In this study, the incidence and relative risk of MIS were significantly higher in adolescents than in adults. In fact, in the Chouchana study [44], 65 out of 159 children diagnosed with MIS in recent months after SARS-CoV-2 infection had severe neurological manifestations. These symptoms included direct neuro-invasion and an exaggerated immune response, which may be the most critical factors triggering MIS [45]. In addition, the RR values for lymphopenia, encephalitis/myelitis/encephalomyelitis, myocarditis/pericarditis, convulsions/seizures, lymphadenopathy, appendicitis, Guillain–Barré syndrome, and thrombocytopenia, which are symptoms associated with MIS, were also higher (p < 0.05) in adolescents than in adults.
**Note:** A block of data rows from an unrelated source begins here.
// The net file, both ways.
//
// The reader takes the lists out of a file into tables of its own, writes the file of these lists and of the head's weights beside it, and
// compares: crate encoded has the file of a net, crate decoded what a file holds.
#![tactic(auto)]

ghost use Rattle.std.specs.Prelude.{false, ◌≡◌, ◌≤◌, length};
ghost use Rattle.lent.specs.Over.{after};
ghost use Rattle.net.specs.Net.{weights_of};
ghost use Rattle.checks.specs.Check.{told};
ghost use Rattle.blocks.specs.Sizes.{block_count, file_blocks};
ghost use Rattle.encoded.specs.Layout.{stored, file_bytes};
ghost use Rattle.decoded.specs.Held.{pin_length, macro_length, pins_in, macros_in, Sized, weights_miswritten};
ghost use Rattle.netfile.specs.Write.{fitted, written, told_bytes};
ghost use Rattle.netfile.specs.Read.{laid_out, answer_in, room_short, read_file};

use blocks::{FILE_NUMBERS, FILE_PINS, PIN_COUNT_WORD};
use net::{Net, Refusal, Weighing};
use plane::Weights;

// The numbers of the longest lists: what a read asks to be lent.
pub const PIN_LIST: usize = Net::PINS * Net::PIN_NUMBERS;

pub const MACRO_LIST: usize = Net::MACROS * Net::MACRO_NUMBERS;

// Write the file of a checked net.
fn write_checked(
    w: Weights,
    pins: &[i32],
    macros: &[i32],
    bytes: &mut [u8],
) -> Result<usize, Refusal>
    requires { block_count (length (stored pins.now).numbers) (length macros.now) ≤ file_blocks }
    ensures answer { told_bytes result ≡ fitted (length (file_bytes w pins.now macros.now))
        (length bytes.old) }
    ensures lent { bytes.new
        ≡ after (fitted (length (file_bytes w pins.now macros.now)) (length bytes.old))
        (file_bytes w pins.now macros.now) bytes.old }
{
    let n = encoded::file_length(pins, macros);
    if bytes.len() < n {
        return Err(Refusal::Space);
    }
    encoded::put_file(bytes, w, pins, macros);
    Ok(n)
}

// Write a net file: 11 to 18, then 21 where the lent bytes are fewer than the file's.
#[tactic(auto, unfolding(net::specs::Answer::told_by, net::specs::Answer::number, lent::specs::Told::only_if, lent::specs::Over::after, crate::specs::Write::written_within))]
pub fn write(w: Weighing, pins: &[i32], macros: &[i32], bytes: &mut [u8]) -> Result<usize, Refusal>
    ensures answer { told_bytes result ≡ written w pins.now macros.now (length bytes.old) }
    ensures lent { bytes.new
        ≡ after (written w pins.now macros.now (length bytes.old))
        (file_bytes (weights_of w) pins.now macros.now) bytes.old }
{
    let net = checks::check(w, pins, macros)?;
    write_checked(net.weights, pins, macros, bytes)
}

// The layout of a file against the weights and lists that it holds, and then the check of these.
#[tactic(auto, unfolding(net::specs::Answer::told_by, net::specs::Answer::number, crate::specs::Read::laid_out_within))]
fn check_lists(bytes: &[u8], w: Weights, pins: &[i32], macros: &[i32]) -> Result<Net, Refusal>
    requires { block_count (length (stored pins.now).numbers) (length macros.now) ≤ file_blocks }
    ensures { told result ≡ laid_out bytes.now w pins.now macros.now }
{
    if encoded::is_file_of(bytes, w, pins, macros) {
        checks::check(Weighing::from(w), pins, macros)
    } else {
        Err(Refusal::Layout)
    }
}

// The check of a file whose head is right: of its layout, and then of its weights and lists. Nothing is lent for the lists yet, so they go
// into tables that no list of a file is too long for.
fn check_file(bytes: &[u8]) -> Result<Net, Refusal>
    requires { (Sized bytes.now (pin_length bytes.now) (macro_length bytes.now)) × (weights_miswritten bytes.now ≡ false) }
    ensures { told result ≡ answer_in bytes.now }
{
    let w = decoded::weights_in(bytes);
    let n = decoded::head_word(bytes, PIN_COUNT_WORD) * Net::PIN_NUMBERS;
    let k = decoded::macro_length(bytes);
    let mut pins = [0i32; FILE_PINS];
    let mut macros = [0i32; FILE_NUMBERS];
    decoded::take_lists(bytes, &mut pins, &mut macros);
    check_lists(bytes, w, &pins[0..n], &macros[0..k])
}

// Read a file whose head is right, into room for the largest net.
#[tactic(auto, unfolding(net::specs::Answer::told_by, net::specs::Answer::number, lent::specs::Over::after))]
fn read_counted(bytes: &[u8], pins: &mut [i32], macros: &mut [i32]) -> Result<Net, Refusal>
    requires { ((Sized bytes.now (pin_length bytes.now) (macro_length bytes.now)) × (weights_miswritten bytes.now ≡ false))
        × (room_short (length pins.old) (length macros.old) ≡ false) }
    ensures answer { told result ≡ answer_in bytes.now }
    ensures pins { pins.new
        ≡ after (answer_in bytes.now) (pins_in bytes.now) pins.old }
    ensures macros { macros.new
        ≡ after (answer_in bytes.now) (macros_in bytes.now) macros.old }
{
    let net = check_file(bytes)?;
    decoded::take_lists(bytes, pins, macros);
    Ok(net)
}

// Fewer numbers lent than the largest net has.
#[tactic(auto, unfolding(crate::specs::Read::room_short_within))]
fn room_short(pins: &[i32], macros: &[i32]) -> bool
    ensures { result ≡ room_short (length pins.now) (length macros.now) }
{
    (pins.len() < PIN_LIST) | (macros.len() < MACRO_LIST)
}

// Read a net file: 21 where less than the largest net is lent, 1 to 3 for the file, then 11 to 17 for its lists. No file is refused by 18:
// weights that would be are 3.
#[tactic(auto, unfolding(net::specs::Answer::told_by, net::specs::Answer::number, lent::specs::Over::after, crate::specs::Read::read_file_within))]
pub fn read(bytes: &[u8], pins: &mut [i32], macros: &mut [i32]) -> Result<Net, Refusal>
    ensures answer { told result ≡ read_file bytes.now (length pins.old) (length macros.old) }
    ensures pins { pins.new
        ≡ after (read_file bytes.now (length pins.old) (length macros.old))
        (pins_in bytes.now) pins.old }
    ensures macros { macros.new
        ≡ after (read_file bytes.now (length pins.old) (length macros.old))
        (macros_in bytes.now) macros.old }
{
    if room_short(pins, macros) {
        return Err(Refusal::Space);
    }
    if decoded::blocks_miscounted(bytes) {
        return Err(Refusal::Blocks);
    }
    if decoded::any_wrong_sums(bytes) {
        return Err(Refusal::Sums);
    }
    if decoded::head_wrong(bytes) {
        return Err(Refusal::Layout);
    }
    read_counted(bytes, pins, macros)
}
Additionally, MIS may be accompanied by prominent gastrointestinal symptoms [46], a common feature of this syndrome in children, and can overlap with infectious or inflammatory abdominal conditions [47]. Furthermore, MIS may be accompanied by syncope, increased troponin levels, thrombocytopenia, lymphopenia, abnormal echocardiography findings (myocarditis, valvulitis, pericardial effusion, and coronary artery dilatation), abnormal abdominal ultrasonography findings (lymphadenopathy), and anemia [15]. Our results are thus consistent with those of previous studies.

Limitations

The results of this study, compiled from a large collection of real-world data, show patterns similar to those in previous reports. Most VAERS data are voluntarily self-reported, indicating the potential for recall bias. In addition, this study did not control for all covariates because of limited information available on the VAERS data. Future studies should address the relationship between COVID-19 vaccines and individual biological characteristics, especially how underlying diseases and medications affect AEs after vaccination.

5. Conclusions

As a result of systemically analyzing severe and common AEs following the administration of the COVID-19 vaccine, the risk of the inflammatory response to COVID-19 vaccines such as myocarditis or pericarditis and MIS was significantly higher in adolescent males than in adults. The inflammation-related AEs may require close monitoring and management when vaccinating adolescents against COVID-19.